Re: NullPointerException

No, you don't need to check each row one by one: just switch the the metadata view in the results perspective, and for each attribute you'll see the number of missing values.

Anyway, my suspect is that in the second Replace Missing Values operator you should select valye_type nominal, polynominal or binominal instead of text (text is a special data type used only in the Text Processing extension).
Experiment with that setting, *and* check the result with a breakpoint.

Best regards,
Marius
Contributor II

Re: NullPointerException

Hi,

As you have advised i changed the settings of Replace Missing Values operator and also changed the read csv operators data types accordingly.
Still i am getting the same result Smiley Sad

Also i created break points before clustering and in the meta data view the "Missing value" column shows only "?" I also set break points at each step and looked at the meta data and the result was same.

Furthermore i created the given schema on a MS SQL server evaluation edition and ran a query to retrieve null values for the given data set. The result was that there are no null values.

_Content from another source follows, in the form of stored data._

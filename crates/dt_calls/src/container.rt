// A container as a whole: its start, the launch of its program, and the turns of its processes.
ghost use Rattle.std.specs.Prelude.{◌≡◌, ℕ, [], None, Some, IsSome, IfOk, OnOk, IsErrOf};
ghost use Rattle.std.specs.FinMap.{get, insert, remove};
ghost use Rattle.dt_host.specs.Cause.{HasCause};
ghost use Rattle.dt_host.specs.World.{World, IsEmptyStart};
ghost use Rattle.dt_procs.specs.Table.{members_of};
ghost use Rattle.dt_procs.specs.Members.{end_of};
ghost use Rattle.dt_rv64.specs.declared.segments.Stop.TheVariants.{Call as a_call};
ghost use Rattle.dt_tree.specs.ImageTree.{image_tree};
ghost use Rattle.dt_calls.specs.AtHome.{RunsAt, KeepPlaces};
ghost use Rattle.dt_calls.specs.Container.{first_container};
ghost use Rattle.dt_calls.specs.Launch.{launch};
ghost use Rattle.dt_calls.specs.Settle.{turn_of_container, container_after_jump};
ghost use Rattle.dt_calls.specs.InCode.{Lives, machines_at_home, container_of, container_launch_as, container_turn_as};
ghost use Rattle.dt_calls.specs.Sound.{IsSoundContainer};
ghost use Rattle.dt_calls.specs.Timers.{earliest_in};

use crate::at_home::{run_at, serve_at};
use crate::shared::Shared;
use crate::task::start_task;
use dt_base::{Command, End, Errno, Event, FIRST_PID, Image, NoMemory, has_atomics};
use dt_exec::start_program;
use dt_host::{Host, HostErr};
use dt_rv64::{Hints, Machine, Seg, Stop};
use dt_tables::Numbered;
use dt_tree::Tree;
use std::alloc::Global;
use std::marker::Model;
use std::mem;

/// What launching a program comes to.
#[derive(Clone, Copy, Debug, PartialEq, Eq)]
pub enum Launch {
    /// Its machine is at home, and owes a segment.
    Started,
    /// It can't be started.
    NoStart(Errno),
}

/// What became of a process whose stop was served.
#[derive(Clone, Copy, Debug, PartialEq, Eq)]
pub enum Served {
    /// It goes on.
    Done,
    /// It goes on, and has made a child of this virtual pid.
    Child(u32),
    /// It has ended, and has made a child of this virtual pid before.
    LastChild(u32),
    /// Its call waits, and is tried again in its next turn.
    Blocked,
    /// Its call has moved some bytes, and goes on in its next turn.
    Progress,
    /// It has ended.
    Ended,
    /// It stays at its stop: its call, by its number, isn't supported.
    Unsupported(u64),
}

/// A container: what its processes share, the machines that are at home, and the events of the last turn.
///
/// A process that lives may have its machine away, to run a segment. After an error a container may only be dropped.
#[derive(Drop)]
pub struct Container {
    pub(crate) alloc: Global,
    pub(crate) shared: Shared,
    pub(crate) places: Numbered<Option<Machine>>,
    pub(crate) events: Vec<Event>,
}

impl Model for Container {
    ghost use Rattle.std.specs.Coded.{codes, coded_ℕ};
    ghost use Rattle.std.specs.FinMap.{code};
    ghost use Rattle.dt_fds.specs.inner.Codes.{descriptions_code, ends_code};
    ghost use Rattle.dt_pipes.specs.inner.Codes.{table_code as pipes_code};
    ghost use Rattle.dt_tree.specs.inner.Codes.{table_code};
    ghost use Rattle.dt_calls.specs.InCode.{ContainerView};

    ghost Value = { ContainerView };

    ghost coded = { Prim.hlevel (codes, table_code, descriptions_code, pipes_code, ends_code, code, coded_ℕ) };

    ghost view = { λ c. record { shared = c.shared; places = c.places; events = c.events.items } };
}

impl Container {
    /// A container with an image's tree, at a host that holds nothing. Its process has no machine yet.
    pub fn install<H: Host>(
        alloc: Global,
        host: &mut H,
        image: &Image,
        seed: u64,
    ) -> Result<Self, HostErr>
        requires { IsEmptyStart (H.view host.old) }
        ensures ok { IfOk result
            (λ c. container_of c (H.view host.new) ≡ first_container (image_tree image.now) seed) }
        ensures sound { IfOk result (λ c. IsSoundContainer c (H.view host.new)) }
        ensures lives { IfOk result (λ c. Lives c FIRST_PID) }
        ensures cause { HasCause (H.count host.old) (H.count host.new) (IsErrOf result HostErr.Failed) }
    {
        let mut tree = Tree::new(alloc, host)?;
        tree.install(host, image)?;
        let shared = Shared::new(alloc, host, tree, seed)?;
        let mut places = Numbered::new(alloc);
        places.put(u64::from(FIRST_PID), None)?;
        let container = Container {
            alloc,
            shared,
            places,
            events: Vec::new(alloc),
        };
        container.counted();
        Ok(container)
    }

    /// Starts the program of a command (execve(2)), or says why it can't be started.
    #[tactic(auto, unfolding(crate::specs::Launch::launch))]
    pub fn launch<H: Host>(&mut self, host: &mut H, command: &Command) -> Result<Launch, HostErr>
        requires sound { IsSoundContainer self.old (H.view host.old) }
        requires lives { Lives self.old FIRST_PID }
        ensures ok { IfOk result (λ l. launch (container_of self.old (H.view host.old)) command.now
            ≡ container_launch_as (container_of self.new (H.view host.new)) l) }
        ensures sound { IfOk result (λ _. IsSoundContainer self.new (H.view host.new)) }
        ensures cause { HasCause (H.count host.old) (H.count host.new) (IsErrOf result HostErr.Failed) }
    {
        let fs = &mut self.shared.fs;
        fs.input = command.input().copy()?;
        let random = fs.rand.start16();
        let atomics = has_atomics(fs.tree.version());
        match start_program(self.alloc, host, &fs.tree, command, &random, atomics)? {
            Ok(program) => {
                start_task(&mut self.shared.tasks, FIRST_PID, program.break_start);
                self.give_machine(FIRST_PID, program.machine);
                self.counted();
                Ok(Launch::Started)
            }
            Err(errno) => Ok(Launch::NoStart(errno)),
        }
    }

    /// Takes the machine of a process away, which is at home.
    #[tactic(auto, using(crate::proofs::Homes::homes))]
    pub fn take_machine(&mut self, vpid: u32) -> Machine
        requires { IsSome (get (machines_at_home self.old.places) vpid) }
        ensures machine { get (machines_at_home self.old.places) vpid ≡ Some result }
        ensures rest { self.new ≡ record self.old { places = insert self.old.places vpid None } }
        ensures home { machines_at_home self.new.places ≡ remove (machines_at_home self.old.places) vpid }
    {
        let Some(machine) = self.places.swap(u64::from(vpid), None) else {
            unreachable!()
        };
        machine
    }

    /// Brings the machine of a process that lives home.
    #[tactic(auto, using(crate::proofs::Homes::homes))]
    pub fn give_machine(&mut self, vpid: u32, machine: Machine)
        requires { IsSome (get self.old.places vpid) }
        ensures rest { self.new ≡ record self.old { places = insert self.old.places vpid (Some machine) } }
        ensures home { machines_at_home self.new.places ≡ insert (machines_at_home self.old.places) vpid machine }
    {
        self.places.set(u64::from(vpid), Some(machine));
    }

    /// Runs a segment of a process whose machine is at home. No answer depends on the hints.
    pub fn run_segment(&mut self, vpid: u32, hints: &mut Hints) -> Result<Seg, NoMemory>
        requires { IsSome (get (machines_at_home self.old.places) vpid) }
        ensures run { IfOk result (RunsAt self.old.places self.new.places vpid) }
        ensures rest { self.new ≡ record self.old { places = self.new.places } }
    {
        run_at(&mut self.places, vpid, hints)
    }

    /// Serves the stop of a process that lives and has its machine at home, and settles what becomes of it.
    #[tactic(auto, unfolding(crate::specs::Settle::turn_of_container, crate::specs::Settle::turn_of_machine))]
    pub fn serve<H: Host>(&mut self, host: &mut H, vpid: u32, stop: Stop) -> Result<Served, HostErr>
        requires sound { IsSoundContainer self.old (H.view host.old) }
        requires home { IsSome (get (machines_at_home self.old.places) vpid) }
        ensures ok { IfOk result (λ s. turn_of_container (container_of self.old (H.view host.old)) vpid stop
            ≡ Some (container_turn_as (container_of self.new (H.view host.new)) s)) }
        ensures sound { IfOk result (λ _. IsSoundContainer self.new (H.view host.new)) }
        ensures places { IfOk result (λ s. KeepPlaces vpid s self.old.places self.new.places) }
        ensures cause { HasCause (H.count host.old) (H.count host.new) (IsErrOf result HostErr.Failed) }
    {
        let next = self.shared.pids.next();
        let effect = serve_at(
            self.alloc,
            host,
            &mut self.shared,
            &mut self.places,
            vpid,
            stop,
        )?;
        let served = effect.served;
        self.events = effect.events;
        self.settle(vpid, next, served, effect.child)?;
        self.counted();
        Ok(served)
    }

    /// Tries the call of a process again, which waits or goes on.
    pub fn retry<H: Host>(&mut self, host: &mut H, vpid: u32) -> Result<Served, HostErr>
        requires sound { IsSoundContainer self.old (H.view host.old) }
        requires home { IsSome (get (machines_at_home self.old.places) vpid) }
        ensures ok { IfOk result (λ s. turn_of_container (container_of self.old (H.view host.old)) vpid a_call
            ≡ Some (container_turn_as (container_of self.new (H.view host.new)) s)) }
        ensures sound { IfOk result (λ _. IsSoundContainer self.new (H.view host.new)) }
        ensures places { IfOk result (λ s. KeepPlaces vpid s self.old.places self.new.places) }
        ensures cause { HasCause (H.count host.old) (H.count host.new) (IsErrOf result HostErr.Failed) }
    {
        self.serve(host, vpid, Stop::Call)
    }

    /// The earliest point of time that a live process waits for: its timer is due then, or a ppoll(2) of it is over.
    /// None exactly where no live process waits for one.
    pub fn earliest(&self) -> Option<u64>
        ensures { result ≡ earliest_in self.now.shared }
    {
        self.shared.earliest()
    }

    /// Lets the time come to the earliest point that a live process waits for, and the timers fire that are due then.
    pub fn jump(&mut self)
        requires { IsSome (earliest_in self.old.shared) }
        ensures jumped { (w : World) → container_of self.new w
            ≡ container_after_jump (container_of self.old w) }
        ensures rest { self.new ≡ record self.old { shared = self.new.shared } }
        ensures pids { self.new.shared.pids ≡ self.old.shared.pids }
        ensures sound { (w : World) → IsSoundContainer self.old w → IsSoundContainer self.new w }
        ensures lives { (w : World) → IsSoundContainer self.old w → (p : ℕ) → Lives self.old p → Lives self.new p }
    {
        let Some(due) = self.shared.earliest() else {
            unreachable!()
        };
        self.shared.jump(due);
    }

    /// What the last turn showed.
    pub fn events(&self) -> &[Event]
        ensures { result.now ≡ self.now.events }
    {
        &self.events
    }

    /// What the last turn showed, which the container then keeps no longer.
    pub fn take_events(&mut self) -> Vec<Event>
        ensures events { result.items ≡ self.old.events }
        ensures rest { self.new ≡ record self.old { events = [] } }
    {
        let none = Vec::new(self.alloc);
        mem::replace(&mut self.events, none)
    }

    /// The file tree.
    pub fn tree(&self) -> &Tree
        ensures { result.now ≡ self.now.shared.fs.tree }
    {
        &self.shared.fs.tree
    }

    /// Lets all that the container has at its host go. The host is then as at the start: it has its root without entries
    /// and no other node, no pipe, and no live pid.
    pub fn clear<H: Host>(self, host: &mut H) -> Result<(), HostErr>
        requires { IsSoundContainer self (H.view host.old) }
        ensures empty { OnOk result (IsEmptyStart (H.view host.new)) }
        ensures root { OnOk result ((H.view host.new).forest.root ≡ (H.view host.old).forest.root) }
        ensures cause { HasCause (H.count host.old) (H.count host.new) (IsErrOf result HostErr.Failed) }
    {
        self.shared.clear(host)
    }

    /// How a process ended, if it is there and has.
    pub fn end(&self, vpid: u32) -> Option<End>
        ensures { result ≡ end_of (members_of self.now.shared.pids) vpid }
    {
        self.shared.pids.end(vpid)
    }
}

Do you think something else has gone wrong? Any more information needed?

Thanks again
Darme
Regular Contributor

Re: NullPointerException

I have tried to reproduce your error with my own data (with missings included), but your process runs without an error. Your process XML says you are still using a quite old version (5.1). Could you update RapidMiner to 5.3.8 and check again?